CVE-2025-2241 (CVSS3 Base 8.2, EPSS Percentile 5.61%)

A flaw was found in Hive, a component of Multicluster Engine (MCE) and Advanced Cluster Management (ACM). This vulnerability causes VCenter credentials to be exposed in the ClusterProvision object after provisioning a VSphere cluster. Users with read access to ClusterProvision objects can extract sensitive credentials even if they do not have direct access to Kubernetes Secrets. This issue can lead to unauthorized VCenter access, cluster management, and privilege escalation.

https://access.redhat.com/security/cve/CVE-2025-2241

CVE-2025-29781 (CVSS3 Base 6.2, EPSS Percentile 11.72%)

The Bare Metal Operator (BMO) implements a Kubernetes API for managing bare metal hosts in Metal3. Baremetal Operator enables users to load Secret from arbitrary namespaces upon deployment of the namespace scoped Custom Resource `BMCEventSubscription`. Prior to versions 0.8.1 and 0.9.1, an adversary Kubernetes account with only namespace level roles (e.g. a tenant controlling a namespace) may create a `BMCEventSubscription` in his authorized namespace and then load Secrets from his unauthorized namespaces to his authorized namespace via the Baremetal Operator, causing Secret Leakage.

https://github.com/metal3-io/baremetal-operator/security/advisories/GHSA-c98h-7hp9-v9hq

The MITRE ENGAGETM Advisory Engagement Framework

MITRE Engage™ emerged as an evolution of MITRE’s work in cyber deception and adversary engagement, building on nearly a decade of internal research and collaboration with the defense and intelligence communities. It was publicly launched by MITRE in 2021 as a complementary framework to MITRE ATT&CK, but with a different goal: rather than just mapping adversary behavior, Engage helps organizations proactively influence, delay, or collect intelligence on attackers.

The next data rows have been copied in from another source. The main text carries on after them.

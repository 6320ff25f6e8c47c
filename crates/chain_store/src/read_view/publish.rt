// Publishing what the copies lack.
ghost use Rattle.std.specs.Prelude.{◌≡◌, ◌<◌, [], drop, Some, IfSome};
ghost use mathlib.Core.List.{IsPrefix};
ghost use Rattle.left_right.specs.Sides.{view};
ghost use Rattle.turn_cell.specs.Cells.{seen, HasTurn, IsReady};
ghost use Rattle.log_node.specs.Vectors.{zeros};
ghost use Rattle.chain_store.specs.Histories.{HasIds};
ghost use Rattle.chain_store.specs.Columns.{Stands, tag_of};
ghost use Rattle.chain_store.specs.Passes.{IsLawfulTold, ShowsHistory, tag_in};
ghost use Rattle.chain_store.specs.Shown.{shown_view};
ghost use Rattle.chain_store.specs.Copies.{column_in, column_of, column_of_rest, shape_of, IsGood, IsKept, IsNews};
ghost use Rattle.chain_store.specs.Desks.{column_copied, AreKept};

use crate::read_view::copied::{Copied, News};
use crate::read_view::copies::Copies;
use crate::read_view::rule::{Finding, Naming, ViewReader, ViewWriter};
use crate::read_view::shelf::Shelf;
use crate::read_view::shown::{Shown, shared};
use crate::seated::Seated;
use col_core::View;
use left_right::writer::Writer;
use log_node::Counts;
use std::alloc::Global;
use std::sync::Wait;
use turn_cell::{Cell, Pass, Turn};

// Waits for the turn, with a pass that makes nothing.
fn watch<'a, R: Wait>(rt: &R, cell: &'a Cell<Seated>, pass: &mut Pass<Seated>) -> Turn<'a, Seated>
    requires { IsReady tag_of cell.now pass.old }
    ensures turn { HasTurn tag_of cell.now pass.new × (result.cell.now ≡ cell.now) }
    ensures seen { IsPrefix (seen pass.old) (seen pass.new) }
    ensures value { Stands result.value.value (seen pass.new) }
    ensures tag { tag_of result.value.value ≡ tag_in cell.now }
    ensures lawful { IsLawfulTold (tag_in cell.now) (seen pass.new) }
    ensures ids { HasIds (seen pass.new) }
{
    let turn = cell.take(rt, pass);
    turn.value.column.agrees();
    turn
}

// What there is from a cut on.
fn seen_from<R: Wait>(
    rt: &R,
    alloc: Global,
    cell: &Cell<Seated>,
    pass: &mut Pass<Seated>,
    cut: Counts,
) -> Option<View>
    requires { IsReady tag_of cell.now pass.old }
    ensures ready { IsReady tag_of cell.now pass.new }
    ensures seen { IsPrefix (seen pass.old) (seen pass.new) }
    ensures lawful { IsLawfulTold (tag_in cell.now) (seen pass.new) }
    ensures ids { HasIds (seen pass.new) }
    ensures view { IfSome result (λ v. ShowsHistory (tag_in cell.now) (seen pass.new) cut v) }
{
    let turn = watch(rt, cell, pass);
    let view = turn.value.column.look(alloc, cut).ok();
    turn.put(pass);
    view
}

// News of what a pass has seen.
fn news_of(cell: &Cell<Seated>, pass: &mut Pass<Seated>, cut: Counts, view: View) -> News
    requires ready { IsReady tag_of cell.now pass.old }
    requires lawful { IsLawfulTold (tag_in cell.now) (seen pass.old) }
    requires ids { HasIds (seen pass.old) }
    requires view { ShowsHistory (tag_in cell.now) (seen pass.old) cut view }
    ensures ready { IsReady tag_of cell.now pass.new }
    ensures seen { seen pass.new ≡ seen pass.old }
    ensures news { IsNews result pass.new cut }
{
    let _ = cut;
    News {
        view,
        first: cell.lay(cell.split(pass)),
        second: cell.lay(cell.split(pass)),
    }
}

// News wait to be published, or are let go where there is no memory. The answer is the cut with all that waits.
fn log_news(writer: &mut ViewWriter, pass: &Pass<Seated>, cut: Counts, news: News) -> Counts
    requires kept { IsKept writer.old.desk.shown.value (drop writer.old.behind writer.old.log.items) pass.now cut }
    requires news { IsNews news pass.now cut }
    ensures desk { writer.new.desk ≡ writer.old.desk }
    ensures kept { IsKept writer.new.desk.shown.value (drop writer.new.behind writer.new.log.items) pass.now result }
{
    let _ = pass;
    let next = news.view.cut;
    if writer.append(news).is_err() {
        return cut;
    }
    next
}

// Publishes what waits, or leaves it for the next time where there is no memory. Waits for readers of the other copy.
fn publish_logged<R: Wait>(
    rt: &R,
    writer: ViewWriter,
    pass: &Pass<Seated>,
    cut: Counts,
) -> ViewWriter
    requires kept { IsKept writer.desk.shown.value (drop writer.behind writer.log.items) pass.now cut }
    requires knows { view writer.desk.place ≡ Some (column_of pass.now) }
    ensures kept { IsKept result.desk.shown.value (drop result.behind result.log.items) pass.now cut }
    ensures knows { view result.desk.place ≡ Some (column_of pass.now) }
{
    let _ = pass;
    let _ = cut;
    let (writer, _done) = writer.publish_as::<Finding, R>(rt);
    writer
}

// Publishes what a pass has seen from the cut on, where there was memory to look at it. The answer has the cut of the copy with
// all that waits.
fn shows_more<R: Wait>(
    rt: &R,
    cell: &Cell<Seated>,
    pass: &mut Pass<Seated>,
    mut writer: ViewWriter,
    cut: Counts,
    found: Option<View>,
) -> (ViewWriter, Counts)
    requires ready { IsReady tag_of cell.now pass.old }
    requires lawful { IsLawfulTold (tag_in cell.now) (seen pass.old) }
    requires ids { HasIds (seen pass.old) }
    requires found { IfSome found (λ v. ShowsHistory (tag_in cell.now) (seen pass.old) cut v) }
    requires kept { IsKept writer.desk.shown.value (drop writer.behind writer.log.items) pass.old cut }
    requires knows { view writer.desk.place ≡ Some (column_in cell.now) }
    ensures ready { IsReady tag_of cell.now pass.new }
    ensures kept { IsKept result.0.desk.shown.value (drop result.0.behind result.0.log.items) pass.new result.1 }
    ensures knows { view result.0.desk.place ≡ Some (column_in cell.now) }
{
    let Some(view) = found else {
        return (writer, cut);
    };
    let news = news_of(cell, pass, cut, view);
    let cut = log_news(&mut writer, pass, cut, news);
    (publish_logged(rt, writer, pass, cut), cut)
}

// Publishes what the copies lack.
fn go_on<R: Wait>(
    rt: &R,
    alloc: Global,
    cell: &Cell<Seated>,
    copies: &mut Copies,
    writer: ViewWriter,
)
    requires of { column_copied copies.old ≡ column_in cell.now }
    requires kept { IsKept writer.desk.shown.value (drop writer.behind writer.log.items) copies.old.pass copies.old.cut }
    requires knows { view writer.desk.place ≡ Some (column_of copies.old.pass) }
    ensures column { column_copied copies.new ≡ column_copied copies.old }
    ensures kept { AreKept copies.new }
{
    let view = seen_from(rt, alloc, cell, &mut copies.pass, copies.cut);
    let (writer, cut) = shows_more(rt, cell, &mut copies.pass, writer, copies.cut, view);
    copies.cut = cut;
    copies.shelf = Some(Shelf::of(writer));
}

// A copy of what a pass has seen.
fn copied(cell: &Cell<Seated>, pass: &mut Pass<Seated>, view: View) -> Copied
    requires ready { IsReady tag_of cell.now pass.old }
    requires lawful { IsLawfulTold (tag_in cell.now) (seen pass.old) }
    requires ids { HasIds (seen pass.old) }
    requires view { ShowsHistory (tag_in cell.now) (seen pass.old) zeros view }
    ensures ready { IsReady tag_of cell.now pass.new }
    ensures seen { seen pass.new ≡ seen pass.old }
    ensures good { IsGood (shape_of result) }
    ensures shown { shown_view result.shown ≡ view }
    ensures rest { ((shape_of result).seen ≡ seen pass.new) × (column_of_rest result.rest ≡ column_of pass.new) }
{
    Copied {
        shown: Shown::of(view),
        rest: cell.lay(cell.split(pass)),
    }
}

// Shows the first copy, so that the writer knows the column.
fn shown_first<R: Wait>(
    rt: &R,
    writer: ViewWriter,
    pass: &Pass<Seated>,
    cut: Counts,
) -> Option<ViewWriter>
    requires none { drop writer.behind writer.log.items ≡ [] }
    requires good { IsGood (shape_of writer.desk.shown.value) }
    requires of { column_of_rest writer.desk.shown.value.rest ≡ column_of pass.now }
    requires seen { (shape_of writer.desk.shown.value).seen ≡ seen pass.now }
    requires cut { (shape_of writer.desk.shown.value).view.cut ≡ cut }
    ensures kept { IfSome result (λ w. IsKept w.desk.shown.value (drop w.behind w.log.items) pass.now cut) }
    ensures knows { IfSome result (λ w. view w.desk.place ≡ Some (column_of pass.now)) }
{
    let _ = pass;
    let _ = cut;
    let (writer, done) = writer.publish_as::<Finding, R>(rt);
    match done {
        Ok(()) => Some(writer),
        Err(_) => {
            drop(writer.take(rt));
            None
        }
    }
}

// Two copies of all that there is, with places for so many readers, if there is memory.
fn begin<R: Wait>(
    rt: &R,
    alloc: Global,
    cell: &Cell<Seated>,
    copies: &mut Copies,
    readers: u8,
) -> Option<ViewWriter>
    requires of { column_copied copies.old ≡ column_in cell.now }
    requires some { 0 < readers }
    ensures column { column_copied copies.new ≡ column_copied copies.old }
    ensures shelf { copies.new.shelf ≡ copies.old.shelf }
    ensures kept { IfSome result (λ w. IsKept w.desk.shown.value (drop w.behind w.log.items) copies.new.pass copies.new.cut) }
    ensures knows { IfSome result (λ w. view w.desk.place ≡ Some (column_of copies.new.pass)) }
{
    let pass = &mut copies.pass;
    let view = seen_from(rt, alloc, cell, pass, Counts::zeros())?;
    let cut = view.cut;
    let other = shared(alloc, &view).ok()?;
    let first = copied(cell, pass, view);
    let second = copied(cell, pass, other);
    let writer = Writer::new(alloc, first, second, readers as usize).ok()?;
    copies.cut = cut;
    shown_first(rt, writer, &copies.pass, cut)
}

/// Publishes what the copies lack of all that there is at a turn of the column; the first time there are copies from then
/// on, with places for so many readers. Without memory the next time tries again.
pub(crate) fn publish<R: Wait>(
    rt: &R,
    alloc: Global,
    cell: &Cell<Seated>,
    copies: &mut Copies,
    readers: u8,
)
    requires of { column_copied copies.old ≡ column_in cell.now }
    requires kept { AreKept copies.old }
    requires some { 0 < readers }
    ensures column { column_copied copies.new ≡ column_copied copies.old }
    ensures kept { AreKept copies.new }
{
    match copies.shelf.take() {
        Some(shelf) => go_on(rt, alloc, cell, copies, shelf.into_writer()),
        None => {
            if let Some(writer) = begin(rt, alloc, cell, copies, readers) {
                copies.shelf = Some(Shelf::of(writer));
            }
        }
    }
}

// A reader that knows what the writer knows, if there is a place and memory for it.
fn reader_of(writer: &mut ViewWriter) -> Option<ViewReader>
    ensures same { (writer.new.desk.shown ≡ writer.old.desk.shown) × (writer.new.log ≡ writer.old.log)
        × (writer.new.behind ≡ writer.old.behind) × (view writer.new.desk.place ≡ view writer.old.desk.place) }
    ensures knows { IfSome result (λ r. view r.place ≡ view writer.old.desk.place) }
{
    let mut reader = writer.factory().reader().ok()?;
    reader.learn::<Naming>(writer.tell::<Naming>());
    Some(reader)
}

impl Copies {
    /// A reader of the copies; `None` where there are none, or no memory or place for it.
    pub(crate) fn reader(&mut self) -> Option<ViewReader>
        requires kept { AreKept self.old }
        ensures kept { AreKept self.new }
        ensures column { column_copied self.new ≡ column_copied self.old }
        ensures knows { IfSome result (λ r. view r.place ≡ Some (column_copied self.old)) }
    {
        let mut writer = self.shelf.take()?.into_writer();
        let reader = reader_of(&mut writer);
        self.shelf = Some(Shelf::of(writer));
        reader
    }

    /// The end of the copies: their memory is freed. Waits for readers.
    pub(crate) fn end<R: Wait>(self, rt: &R) {
        let Copies {
            pass: _,
            cut: _,
            shelf,
        } = self;
        if let Some(shelf) = shelf {
            drop(shelf.into_writer().take(rt));
        }
    }
}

Originally termed as MITRE Shield project — Engage consolidates practical knowledge about using deception technologies, honeypots, and strategic engagement tactics into a structured matrix similar to ATT&CK.

MITRE Engage is designed for:

  • Blue teams and threat hunters building active defense playbooks
  • Red teams and adversary emulation teams planning realistic attack scenarios
  • Threat intelligence analysts studying attacker behavior via engagement telemetry
  • CISOs and architects looking to incorporate cyber deception into risk mitigation

It is especially valuable for sectors with high-value assets (e.g., government, critical infrastructure, financial services) who want to go beyond detection and take control of adversary interactions.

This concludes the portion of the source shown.